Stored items
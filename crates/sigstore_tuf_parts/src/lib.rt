//! TUF documents: their readers, keys, thresholds and pins, and the names of `sigstore_tuf_text`.
#![tactic(auto)]

mod accepted;
mod counted;
mod declared_key;
mod delegation;
mod document;
mod head;
mod header;
mod integrity;
mod keys;
mod laws;
mod role;
mod root;
mod root_role;
mod signed_text;
mod snapshot;
mod targets;
mod text_set;
mod threshold;
mod timestamp;
mod verification;

pub use document::{Metadata, Signature};
pub use integrity::{check_fresh, check_integrity, check_version, is_past};
pub use keys::{Key, KeyVal, RoleKeys};
pub use laws::{
    canonical_text_tells, meets_exactly, pins_have_causes, readings_have_causes, relations_exactly,
    roles_have_causes,
};
pub use role::Role;
pub use root::Root;
pub use sigstore_tuf_text::{
    DocumentMember, Error, Mismatch, Rule, SNAPSHOT_NAME, TARGETS_NAME, TIMESTAMP_NAME,
    TransportFault, others, pin_name, root_name, to_canonical_bytes, versioned_name,
};
pub use snapshot::Snapshot;
pub use targets::{DelegatedRole, Delegations, TargetFile, Targets};
pub use timestamp::{MetaFile, Timestamp};
pub use verification::KeyFault;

Task item → Show every line from the entries that includes the word "verification".

Written reply →
mod verification;
pub use verification::KeyFault;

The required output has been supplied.